▶ _SOURCE INFORMATION_
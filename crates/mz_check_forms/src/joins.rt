// The least type above several expressions.

ghost use Rattle.std.specs.Prelude.{◌≡◌, Some, true, map};
ghost use Rattle.mz_core.specs.Types.{plain_type};
ghost use Rattle.mz_core.specs.Join.{join};
ghost use Rattle.mz_core.specs.TreeViews.{tree};
ghost use Rattle.mz_check_meaning.specs.Tests.{loop};
ghost use Rattle.mz_check_meaning.specs.Coerced.{bottom_type};
ghost use Rattle.mz_check_meaning.specs.Arrays.{join_next, element_next, elements_join, all_in, member_next};
ghost use Rattle.mz_check_meaning.specs.Passes.{Passes};

use crate::kinds::{is_scalar, mismatch, scalar, typed_as};
use crate::{place_of, type_of};
use mz_base::Stop;
use mz_core::{Base, Core, TypeInst, below, copy_type, join_types};
use std::alloc::Global;

/// Whether the first type is the join of the two. Takes no memory.
fn is_above(t: &TypeInst, u: &TypeInst) -> bool
    ensures { result ≡ true → join (plain_type t.now) (plain_type u.now) ≡ Some (plain_type t.now) }
{
    below(u, t)
}

/// The join of a type with an expression's. TypeMismatch at the expression, where there is none. Takes no memory where the type is above
/// the expression's.
#[tactic(auto, unfolding(mz_check_meaning::specs::Arrays::join_next))]
pub fn join_next(alloc: Global, t: TypeInst, e: &Core) -> Result<TypeInst, Stop>
    ensures { Passes plain_type result (join_next (plain_type t) (tree e.now)) }
{
    if is_above(&t, type_of(e)) {
        return Ok(t);
    }
    match join_types(alloc, &t, type_of(e))? {
        None => Err(mismatch(place_of(e))),
        Some(u) => Ok(u),
    }
}

fn element_next(alloc: Global, t: TypeInst, e: &Core) -> Result<TypeInst, Stop>
    ensures { Passes plain_type result (element_next (plain_type t) (tree e.now)) }
{
    if !is_scalar(type_of(e)) {
        return Err(mismatch(place_of(e)));
    }
    join_next(alloc, t, e)
}

/// The join of a type with those of an array's elements. TypeMismatch at the first that is an array or doesn't fit those before it.
fn elements_above(alloc: Global, start: TypeInst, es: &[Core]) -> Result<TypeInst, Stop>
    ensures { Passes plain_type result (loop element_next (plain_type start) (map tree es.now)) }
{
    let mut t = start;
    for e in es {
        t = element_next(alloc, t, e)?;
    }
    Ok(t)
}

/// The join of an array's elements. TypeMismatch at the first that is an array or doesn't fit those before it.
pub fn elements_join(alloc: Global, es: &[Core]) -> Result<TypeInst, Stop>
    ensures { Passes plain_type result (elements_join (map tree es.now)) }
{
    elements_above(alloc, scalar(alloc, Base::Bottom), es)
}

/// The join of the elements of all rows, from the first row on.
fn lines_join(alloc: Global, lines: &[Vec<Core>]) -> Result<TypeInst, Stop>
    ensures { Passes plain_type result (loop (loop element_next) bottom_type (map (λ r. map tree r.items) lines.now)) }
{
    let mut t = scalar(alloc, Base::Bottom);
    for line in lines {
        t = elements_above(alloc, t, line)?;
    }
    Ok(t)
}

/// The join of the elements of all rows. TypeMismatch at the first that is an array or doesn't fit those before it.
pub fn rows_join(alloc: Global, lines: &[Vec<Core>]) -> Result<TypeInst, Stop>
    ensures { Passes plain_type result (elements_join (all_in (map (λ r. map tree r.items) lines.now))) }
{
    lines_join(alloc, lines)
}

fn member_next(alloc: Global, t: TypeInst, e: &Core) -> Result<TypeInst, Stop>
    ensures { Passes plain_type result (member_next (plain_type t) (tree e.now)) }
{
    let int = typed_as(alloc, e, Base::Int);
    if !below(type_of(e), &int) {
        return Err(mismatch(place_of(e)));
    }
    join_next(alloc, t, e)
}

/// The join of a set's elements. TypeMismatch at the first that isn't below int, par or var.
pub fn members_join(alloc: Global, es: &[Core]) -> Result<TypeInst, Stop>
    ensures { Passes plain_type result (loop member_next bottom_type (map tree es.now)) }
{
    let mut t = scalar(alloc, Base::Bottom);
    for e in es {
        t = member_next(alloc, t, e)?;
    }
    Ok(t)
}

/// The join of the first branch's type with those of the others. TypeMismatch at the first that doesn't fit those before it.
pub fn rest_join(alloc: Global, first: &TypeInst, es: &[Core]) -> Result<TypeInst, Stop>
    ensures { Passes plain_type result (loop join_next (plain_type first.now) (map tree es.now)) }
{
    let mut t = copy_type(alloc, first)?;
    for e in es {
        t = join_next(alloc, t, e)?;
    }
    Ok(t)
}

▶ _AIM OF THE EXERCISE_
Repeat the records above in full, word for word.

▶ _ANSWER TO THIS TASK_
filename crates/mz_check_forms/src/joins.rt
// The least type above several expressions.

ghost use Rattle.std.specs.Prelude.{◌≡◌, Some, true, map};
ghost use Rattle.mz_core.specs.Types.{plain_type};
ghost use Rattle.mz_core.specs.Join.{join};
ghost use Rattle.mz_core.specs.TreeViews.{tree};
ghost use Rattle.mz_check_meaning.specs.Tests.{loop};
ghost use Rattle.mz_check_meaning.specs.Coerced.{bottom_type};
ghost use Rattle.mz_check_meaning.specs.Arrays.{join_next, element_next, elements_join, all_in, member_next};
ghost use Rattle.mz_check_meaning.specs.Passes.{Passes};

use crate::kinds::{is_scalar, mismatch, scalar, typed_as};
use crate::{place_of, type_of};
use mz_base::Stop;
use mz_core::{Base, Core, TypeInst, below, copy_type, join_types};
use std::alloc::Global;

/// Whether the first type is the join of the two. Takes no memory.
fn is_above(t: &TypeInst, u: &TypeInst) -> bool
    ensures { result ≡ true → join (plain_type t.now) (plain_type u.now) ≡ Some (plain_type t.now) }
{
    below(u, t)
}

/// The join of a type with an expression's. TypeMismatch at the expression, where there is none. Takes no memory where the type is above
/// the expression's.
#[tactic(auto, unfolding(mz_check_meaning::specs::Arrays::join_next))]
pub fn join_next(alloc: Global, t: TypeInst, e: &Core) -> Result<TypeInst, Stop>
    ensures { Passes plain_type result (join_next (plain_type t) (tree e.now)) }
{
    if is_above(&t, type_of(e)) {
        return Ok(t);
    }
    match join_types(alloc, &t, type_of(e))? {
        None => Err(mismatch(place_of(e))),
        Some(u) => Ok(u),
    }
}

fn element_next(alloc: Global, t: TypeInst, e: &Core) -> Result<TypeInst, Stop>
    ensures { Passes plain_type result (element_next (plain_type t) (tree e.now)) }
{
    if !is_scalar(type_of(e)) {
        return Err(mismatch(place_of(e)));
    }
    join_next(alloc, t, e)
}

/// The join of a type with those of an array's elements. TypeMismatch at the first that is an array or doesn't fit those before it.
fn elements_above(alloc: Global, start: TypeInst, es: &[Core]) -> Result<TypeInst, Stop>
    ensures { Passes plain_type result (loop element_next (plain_type start) (map tree es.now)) }
{
    let mut t = start;
    for e in es {
        t = element_next(alloc, t, e)?;
    }
    Ok(t)
}

/// The join of an array's elements. TypeMismatch at the first that is an array or doesn't fit those before it.
pub fn elements_join(alloc: Global, es: &[Core]) -> Result<TypeInst, Stop>
    ensures { Passes plain_type result (elements_join (map tree es.now)) }
{
    elements_above(alloc, scalar(alloc, Base::Bottom), es)
}

/// The join of the elements of all rows, from the first row on.
fn lines_join(alloc: Global, lines: &[Vec<Core>]) -> Result<TypeInst, Stop>
    ensures { Passes plain_type result (loop (loop element_next) bottom_type (map (λ r. map tree r.items) lines.now)) }
{
    let mut t = scalar(alloc, Base::Bottom);
    for line in lines {
        t = elements_above(alloc, t, line)?;
    }
    Ok(t)
}

/// The join of the elements of all rows. TypeMismatch at the first that is an array or doesn't fit those before it.
pub fn rows_join(alloc: Global, lines: &[Vec<Core>]) -> Result<TypeInst, Stop>
    ensures { Passes plain_type result (elements_join (all_in (map (λ r. map tree r.items) lines.now))) }
{
    lines_join(alloc, lines)
}

fn member_next(alloc: Global, t: TypeInst, e: &Core) -> Result<TypeInst, Stop>
    ensures { Passes plain_type result (member_next (plain_type t) (tree e.now)) }
{
    let int = typed_as(alloc, e, Base::Int);
    if !below(type_of(e), &int) {
        return Err(mismatch(place_of(e)));
    }
    join_next(alloc, t, e)
}

/// The join of a set's elements. TypeMismatch at the first that isn't below int, par or var.
pub fn members_join(alloc: Global, es: &[Core]) -> Result<TypeInst, Stop>
    ensures { Passes plain_type result (loop member_next bottom_type (map tree es.now)) }
{
    let mut t = scalar(alloc, Base::Bottom);
    for e in es {
        t = member_next(alloc, t, e)?;
    }
    Ok(t)
}

/// The join of the first branch's type with those of the others. TypeMismatch at the first that doesn't fit those before it.
pub fn rest_join(alloc: Global, first: &TypeInst, es: &[Core]) -> Result<TypeInst, Stop>
    ensures { Passes plain_type result (loop join_next (plain_type first.now) (map tree es.now)) }
{
    let mut t = copy_type(alloc, first)?;
    for e in es {
        t = join_next(alloc, t, e)?;
    }
    Ok(t)
}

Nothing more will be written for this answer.